Australia Seeks a Role in the Asian Century

Australia Seeks a Role in the Asian Century

Australia is officially seeking to shore up its role in the Asia-Pacific regional order, following the United States in pivoting toward a fuller embrace of Asia. A government strategy document released over the weekend, “Australia in the Asian Century,” sets out an all-encompassing plan for Australia to engage with and capitalize on relations with its Asian neighbors. Australia has ridden out the global financial crisis largely due China’s insatiable demand for natural resources. Future economic growth, however, will require broadening Australia’s export base. The government of Prime Minister Julia Gillard commissioned the white paper to start planning for a future with deeper and more profitable relationships between Australia and its closest regional partners.

Underpinning the paper’s goals is the assumption that Australia needs to become a more “Asia-literate” and “Asia-capable” nation in order to seize the economic opportunities that will flow from Asia’s burgeoning middle class.

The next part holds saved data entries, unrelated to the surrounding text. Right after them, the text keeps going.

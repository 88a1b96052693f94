//! How many entries lists and leaf-lists have.

ghost use Rattle.std.specs.Prelude.{◌≡◌, ◌==◌, length, nat_lt};
ghost use Rattle.nm_validate_rules.specs.Values.{count_at};
ghost use Rattle.nm_validate_places.specs.Counts as spec;

use nm_config::{RowMap, is_under};
use nm_types::Path;

// Whether a path at or below that of a list or leaf-list has as many steps, and so is that of an entry.
fn is_as_long(path: &Path, other: &Path) -> bool
    ensures { result ≡ (length other.now == length path.now) }
{
    other.steps.len() == path.steps.len()
}

// Whether more than so many entries of a list or leaf-list stand after its path.
fn has_more_behind<M: RowMap>(config: &M, path: &Path, most: u64) -> bool
    ensures { result ≡ nat_lt most (spec.count_behind (M.rows config.now) path.now) }
{
    let mut left = most;
    let mut at = config.next_after(Some(path));
    'entries: while let Some(other) = at {
        if !is_under(path, other) {
            return false;
        }
        if is_as_long(path, other) {
            if left == 0 {
                return true;
            }
            left -= 1;
        }
        at = config.next_after(Some(other));
    }
    false
}

/// Whether a list or a leaf-list has more than so many entries at its path.
pub fn has_more<M: RowMap>(config: &M, path: &Path, most: u64) -> bool
    ensures { result ≡ nat_lt most (count_at (M.rows config.now) path.now) }
{
    let Some(_own) = config.value(path) else {
        return has_more_behind(config, path, most);
    };
    if most == 0 {
        return true;
    }
    has_more_behind(config, path, most - 1)
}
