//! The rule of max-elements: a list or a leaf-list has no more entries than it may.

ghost use Rattle.std.specs.Prelude.{◌≡◌, ◌<◌, ◌∷◌, [], IfOk, filter, length, nat_lt};
ghost use Rattle.nm_path.specs.Sound.{IsSound};
ghost use Rattle.nm_validate_rules.specs.declared.rule.Rule.TheVariants as rule;
ghost use Rattle.nm_validate_rules.specs.Places as place_spec;
ghost use Rattle.nm_validate_rules.specs.Values.{count_at};
ghost use Rattle.nm_validate_rules.specs.Violated.{violated};
ghost use Rattle.nm_validate_rules.specs.Violation.{least_at};
ghost use Rattle.nm_validate_places.specs.Groups as group;
ghost use Rattle.nm_validate_places.specs.Least.{least_with};

use crate::areas::{Grouped, places};
use crate::counts::has_more;
use crate::least::with_path;
use nm_base::NoMemory;
use nm_config::RowMap;
use nm_schema_tree::Schema;
use nm_types::Path;
use std::alloc::Global;

// The lesser of what was found so far and one path more, where that has more entries than these.
fn with_too_many<M: RowMap>(config: &M, path: Path, max: u64, found: Option<Path>) -> Option<Path>
    ensures { result ≡ least_with found (filter (λ p. nat_lt max (count_at (M.rows config.now) p)) (path ∷ [])) }
{
    if !has_more(config, &path, max) {
        return found;
    }
    with_path(found, path)
}

// The least of what was found so far and of the paths that have more entries than these.
fn least_above<M: RowMap>(
    config: &M,
    paths: Vec<Path>,
    max: u64,
    found: Option<Path>,
) -> Option<Path>
    ensures { result ≡ least_with found (filter (λ p. nat_lt max (count_at (M.rows config.now) p)) paths.items) }
{
    let mut least = found;
    for path in paths {
        least = with_too_many(config, path, max, least);
    }
    least
}

// Whether a group has more paths than so many.
fn has_more_in(group: &[&Path], most: u64) -> bool
    ensures { result ≡ nat_lt most (length group.now) }
{
    most < group.len() as u64
}

// The least of what was found so far and of the places at which a node has too many entries. Where it has no more in all, there are none.
fn least_at_node<M: RowMap>(
    alloc: Global,
    schema: &Schema,
    config: &M,
    grouped: &Grouped<'_>,
    at: usize,
    found: Option<Path>,
) -> Result<Option<Path>, NoMemory>
    requires sound { IsSound schema.now.nodes }
    requires grouped { group.IsGrouped schema.now (M.rows config.now) grouped.now }
    requires within { at < length schema.now.nodes }
    ensures { IfOk result (λ least. least ≡ least_with found
        (filter (violated schema.now (M.rows config.now) rule.MaxElements) (place_spec.places schema.now (M.rows config.now) at))) }
{
    let Some(max) = schema.elements(at).max else {
        return Ok(found);
    };
    let Some(group) = grouped.groups.as_slice().get(at) else {
        return Ok(found);
    };
    if !has_more_in(group, max) {
        return Ok(found);
    }
    let paths = places(alloc, schema, config, grouped, at)?;
    let least = least_above(config, paths, max, found);
    Ok(least)
}

/// The least path of a list or leaf-list that has too many entries, where its guard holds (RFC 7950 section 7.7.6).
pub fn least_too_many<M: RowMap>(
    alloc: Global,
    schema: &Schema,
    config: &M,
    grouped: &Grouped<'_>,
) -> Result<Option<Path>, NoMemory>
    requires sound { IsSound schema.now.nodes }
    requires grouped { group.IsGrouped schema.now (M.rows config.now) grouped.now }
    ensures { IfOk result (λ found. found ≡ least_at schema.now (M.rows config.now) rule.MaxElements) }
{
    let mut least = None;
    for at in 0..schema.len() {
        least = least_at_node(alloc, schema, config, grouped, at, least)?;
    }
    Ok(least)
}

The government has outlined a series of measures to achieve this, including ensuring that all school students learn an Asian language; requiring that public- and private-sector boards contain individuals with “deep experience in and knowledge of Asia”; expanding linkages between Australians and Asians for professional development; and supporting an Asia-Pacific free trade area.

Security issues do not receive headline focus in the white paper, but three distinct challenges to the security environment are identified: increasing pressures on water resources, food and energy supplies and air quality; the growth and modernization of China and India’s defense forces; and the growing empowerment of individuals and nonstate actors. The paper notes that these developments will not themselves make major-power conflict more likely, but they do make the consequences of any conflict more “far reaching and dangerous.” They also “raise the costs of miscalculation” and “give greater urgency to efforts to manage” flash points such as North Korea, the Taiwan Strait, the South China and East China Seas, and India and Pakistan. A defense white paper that is due to be released next year may address these concerns more fully.